Instructions to follow
Read the listing below and copy out every line that holds "ExtendLine".
*** Opening Given data ***
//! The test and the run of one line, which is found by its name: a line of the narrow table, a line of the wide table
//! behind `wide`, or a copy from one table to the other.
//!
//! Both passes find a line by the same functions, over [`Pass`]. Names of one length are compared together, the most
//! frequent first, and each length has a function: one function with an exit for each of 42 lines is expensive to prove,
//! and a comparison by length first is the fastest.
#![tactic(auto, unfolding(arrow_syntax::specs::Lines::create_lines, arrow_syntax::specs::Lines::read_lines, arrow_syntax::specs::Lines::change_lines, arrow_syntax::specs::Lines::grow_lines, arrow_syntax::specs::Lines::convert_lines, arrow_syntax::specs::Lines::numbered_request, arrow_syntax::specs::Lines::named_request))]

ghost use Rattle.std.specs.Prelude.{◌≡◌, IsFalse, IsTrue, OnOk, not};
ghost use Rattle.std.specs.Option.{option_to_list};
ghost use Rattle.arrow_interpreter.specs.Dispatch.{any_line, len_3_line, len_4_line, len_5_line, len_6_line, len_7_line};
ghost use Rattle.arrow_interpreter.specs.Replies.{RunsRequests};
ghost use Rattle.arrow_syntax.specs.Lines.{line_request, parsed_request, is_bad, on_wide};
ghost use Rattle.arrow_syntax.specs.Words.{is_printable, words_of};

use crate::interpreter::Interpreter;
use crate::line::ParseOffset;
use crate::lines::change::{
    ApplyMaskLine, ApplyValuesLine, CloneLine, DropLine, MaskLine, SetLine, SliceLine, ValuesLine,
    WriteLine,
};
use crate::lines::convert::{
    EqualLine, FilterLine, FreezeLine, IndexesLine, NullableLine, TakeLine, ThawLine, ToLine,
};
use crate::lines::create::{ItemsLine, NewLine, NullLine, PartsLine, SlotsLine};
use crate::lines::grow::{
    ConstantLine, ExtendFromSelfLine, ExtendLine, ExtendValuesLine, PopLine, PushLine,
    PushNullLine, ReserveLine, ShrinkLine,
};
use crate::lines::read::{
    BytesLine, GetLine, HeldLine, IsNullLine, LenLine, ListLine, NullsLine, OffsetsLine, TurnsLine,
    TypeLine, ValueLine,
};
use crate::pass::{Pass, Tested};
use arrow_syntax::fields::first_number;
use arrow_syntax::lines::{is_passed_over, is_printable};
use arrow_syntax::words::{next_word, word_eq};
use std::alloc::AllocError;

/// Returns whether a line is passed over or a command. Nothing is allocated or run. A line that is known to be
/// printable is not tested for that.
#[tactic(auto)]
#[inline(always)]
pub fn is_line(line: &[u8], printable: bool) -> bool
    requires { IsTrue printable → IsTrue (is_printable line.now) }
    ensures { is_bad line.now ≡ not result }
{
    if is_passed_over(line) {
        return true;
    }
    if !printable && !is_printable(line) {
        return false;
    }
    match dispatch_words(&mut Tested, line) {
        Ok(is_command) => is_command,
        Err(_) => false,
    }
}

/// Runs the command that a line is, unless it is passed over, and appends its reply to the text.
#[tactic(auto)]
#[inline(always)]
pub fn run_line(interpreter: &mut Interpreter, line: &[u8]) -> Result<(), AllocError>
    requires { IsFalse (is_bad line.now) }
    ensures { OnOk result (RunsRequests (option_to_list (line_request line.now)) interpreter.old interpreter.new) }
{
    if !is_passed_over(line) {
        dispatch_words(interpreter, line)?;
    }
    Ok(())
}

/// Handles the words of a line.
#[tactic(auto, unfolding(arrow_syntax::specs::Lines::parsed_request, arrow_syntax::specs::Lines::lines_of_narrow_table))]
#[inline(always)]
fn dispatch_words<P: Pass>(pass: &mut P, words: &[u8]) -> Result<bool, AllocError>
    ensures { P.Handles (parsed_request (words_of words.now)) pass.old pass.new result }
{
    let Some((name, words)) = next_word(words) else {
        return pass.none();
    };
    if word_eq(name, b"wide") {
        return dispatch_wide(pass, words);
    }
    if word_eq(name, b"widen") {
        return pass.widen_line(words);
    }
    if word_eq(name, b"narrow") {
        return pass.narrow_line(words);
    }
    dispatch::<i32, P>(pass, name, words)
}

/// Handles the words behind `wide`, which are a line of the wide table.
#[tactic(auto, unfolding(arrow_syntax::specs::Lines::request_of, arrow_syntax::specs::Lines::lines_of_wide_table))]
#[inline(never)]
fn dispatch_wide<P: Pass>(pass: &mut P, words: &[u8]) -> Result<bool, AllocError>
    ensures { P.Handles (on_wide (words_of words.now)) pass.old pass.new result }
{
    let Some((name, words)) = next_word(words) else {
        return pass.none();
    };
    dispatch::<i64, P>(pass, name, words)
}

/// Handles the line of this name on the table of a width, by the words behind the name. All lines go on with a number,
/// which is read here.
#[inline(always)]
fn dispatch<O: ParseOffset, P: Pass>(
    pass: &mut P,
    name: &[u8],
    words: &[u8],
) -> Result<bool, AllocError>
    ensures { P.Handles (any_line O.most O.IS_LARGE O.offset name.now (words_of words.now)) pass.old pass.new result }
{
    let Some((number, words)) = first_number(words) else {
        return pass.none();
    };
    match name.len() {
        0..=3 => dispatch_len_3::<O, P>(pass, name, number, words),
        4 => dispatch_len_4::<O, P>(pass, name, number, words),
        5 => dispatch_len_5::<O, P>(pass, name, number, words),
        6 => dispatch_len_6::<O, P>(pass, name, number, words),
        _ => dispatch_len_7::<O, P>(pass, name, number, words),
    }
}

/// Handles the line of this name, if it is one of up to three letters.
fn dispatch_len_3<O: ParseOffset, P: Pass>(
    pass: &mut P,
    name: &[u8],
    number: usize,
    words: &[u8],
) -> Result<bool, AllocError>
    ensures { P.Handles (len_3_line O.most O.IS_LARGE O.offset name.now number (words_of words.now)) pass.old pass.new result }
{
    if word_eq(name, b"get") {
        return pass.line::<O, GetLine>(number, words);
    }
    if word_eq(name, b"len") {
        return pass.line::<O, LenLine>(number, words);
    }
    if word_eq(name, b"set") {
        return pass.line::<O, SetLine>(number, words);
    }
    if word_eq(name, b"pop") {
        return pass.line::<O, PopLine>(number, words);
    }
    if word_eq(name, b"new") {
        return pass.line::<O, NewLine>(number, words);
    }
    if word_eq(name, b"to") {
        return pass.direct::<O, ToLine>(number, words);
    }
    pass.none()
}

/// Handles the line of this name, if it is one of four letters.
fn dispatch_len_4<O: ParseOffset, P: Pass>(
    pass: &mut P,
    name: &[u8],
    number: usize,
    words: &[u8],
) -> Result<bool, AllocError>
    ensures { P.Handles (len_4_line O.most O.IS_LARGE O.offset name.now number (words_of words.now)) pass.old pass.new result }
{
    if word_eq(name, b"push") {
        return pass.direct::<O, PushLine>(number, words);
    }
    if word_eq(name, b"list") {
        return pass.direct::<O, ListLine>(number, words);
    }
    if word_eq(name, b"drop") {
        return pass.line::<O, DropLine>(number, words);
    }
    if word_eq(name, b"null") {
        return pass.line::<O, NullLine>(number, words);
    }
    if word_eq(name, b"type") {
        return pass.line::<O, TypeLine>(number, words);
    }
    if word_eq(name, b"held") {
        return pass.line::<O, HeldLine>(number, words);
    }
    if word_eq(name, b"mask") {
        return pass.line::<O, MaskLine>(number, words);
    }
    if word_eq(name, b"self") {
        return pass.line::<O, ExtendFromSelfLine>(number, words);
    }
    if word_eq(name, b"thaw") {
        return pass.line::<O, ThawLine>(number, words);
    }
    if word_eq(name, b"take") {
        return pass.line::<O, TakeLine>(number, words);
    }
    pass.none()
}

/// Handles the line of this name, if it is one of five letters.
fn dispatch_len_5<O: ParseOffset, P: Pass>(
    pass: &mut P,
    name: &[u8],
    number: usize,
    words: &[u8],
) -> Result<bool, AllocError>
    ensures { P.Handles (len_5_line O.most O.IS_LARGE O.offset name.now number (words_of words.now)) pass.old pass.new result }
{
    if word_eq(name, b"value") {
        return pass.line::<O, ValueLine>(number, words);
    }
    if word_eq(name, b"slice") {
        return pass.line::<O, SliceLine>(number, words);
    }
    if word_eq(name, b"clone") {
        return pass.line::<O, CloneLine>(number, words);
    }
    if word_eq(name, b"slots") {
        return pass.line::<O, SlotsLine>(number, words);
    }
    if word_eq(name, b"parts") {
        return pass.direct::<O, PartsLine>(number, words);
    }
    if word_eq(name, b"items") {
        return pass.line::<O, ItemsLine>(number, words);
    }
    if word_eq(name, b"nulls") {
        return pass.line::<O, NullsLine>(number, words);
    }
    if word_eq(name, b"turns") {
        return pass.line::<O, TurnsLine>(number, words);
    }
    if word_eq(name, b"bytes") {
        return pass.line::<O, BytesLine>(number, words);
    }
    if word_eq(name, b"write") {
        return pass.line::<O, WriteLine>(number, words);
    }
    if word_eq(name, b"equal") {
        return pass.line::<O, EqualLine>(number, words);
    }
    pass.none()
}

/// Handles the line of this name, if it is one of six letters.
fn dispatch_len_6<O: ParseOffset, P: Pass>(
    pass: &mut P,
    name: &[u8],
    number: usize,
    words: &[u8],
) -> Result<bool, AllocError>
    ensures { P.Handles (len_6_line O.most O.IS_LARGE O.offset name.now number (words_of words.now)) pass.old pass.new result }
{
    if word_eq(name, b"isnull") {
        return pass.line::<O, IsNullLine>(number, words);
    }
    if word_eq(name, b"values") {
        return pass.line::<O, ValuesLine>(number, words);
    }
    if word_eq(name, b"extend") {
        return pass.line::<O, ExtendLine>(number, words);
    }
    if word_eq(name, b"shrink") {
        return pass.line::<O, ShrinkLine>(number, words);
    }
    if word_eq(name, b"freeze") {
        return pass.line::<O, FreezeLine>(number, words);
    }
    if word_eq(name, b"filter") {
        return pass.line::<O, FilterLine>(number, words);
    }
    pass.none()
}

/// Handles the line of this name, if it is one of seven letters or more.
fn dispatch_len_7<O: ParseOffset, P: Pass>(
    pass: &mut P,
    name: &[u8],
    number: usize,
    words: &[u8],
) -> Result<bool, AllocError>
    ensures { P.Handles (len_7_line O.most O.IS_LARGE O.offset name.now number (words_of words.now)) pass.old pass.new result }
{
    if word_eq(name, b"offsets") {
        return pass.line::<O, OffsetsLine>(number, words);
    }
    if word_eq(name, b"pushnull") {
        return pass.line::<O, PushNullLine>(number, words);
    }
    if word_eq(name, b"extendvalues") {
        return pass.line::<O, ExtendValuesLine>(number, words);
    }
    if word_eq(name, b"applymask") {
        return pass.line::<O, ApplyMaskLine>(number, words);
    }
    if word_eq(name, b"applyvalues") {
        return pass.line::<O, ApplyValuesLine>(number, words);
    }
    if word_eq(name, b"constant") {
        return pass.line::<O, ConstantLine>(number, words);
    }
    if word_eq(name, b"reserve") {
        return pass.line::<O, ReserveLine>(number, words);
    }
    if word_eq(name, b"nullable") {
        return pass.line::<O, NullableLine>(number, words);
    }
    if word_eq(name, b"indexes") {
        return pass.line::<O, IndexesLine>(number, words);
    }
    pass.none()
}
*** Closing Given data ***
Reply to the task
    ConstantLine, ExtendFromSelfLine, ExtendLine, ExtendValuesLine, PopLine, PushLine,
        return pass.line::<O, ExtendLine>(number, words);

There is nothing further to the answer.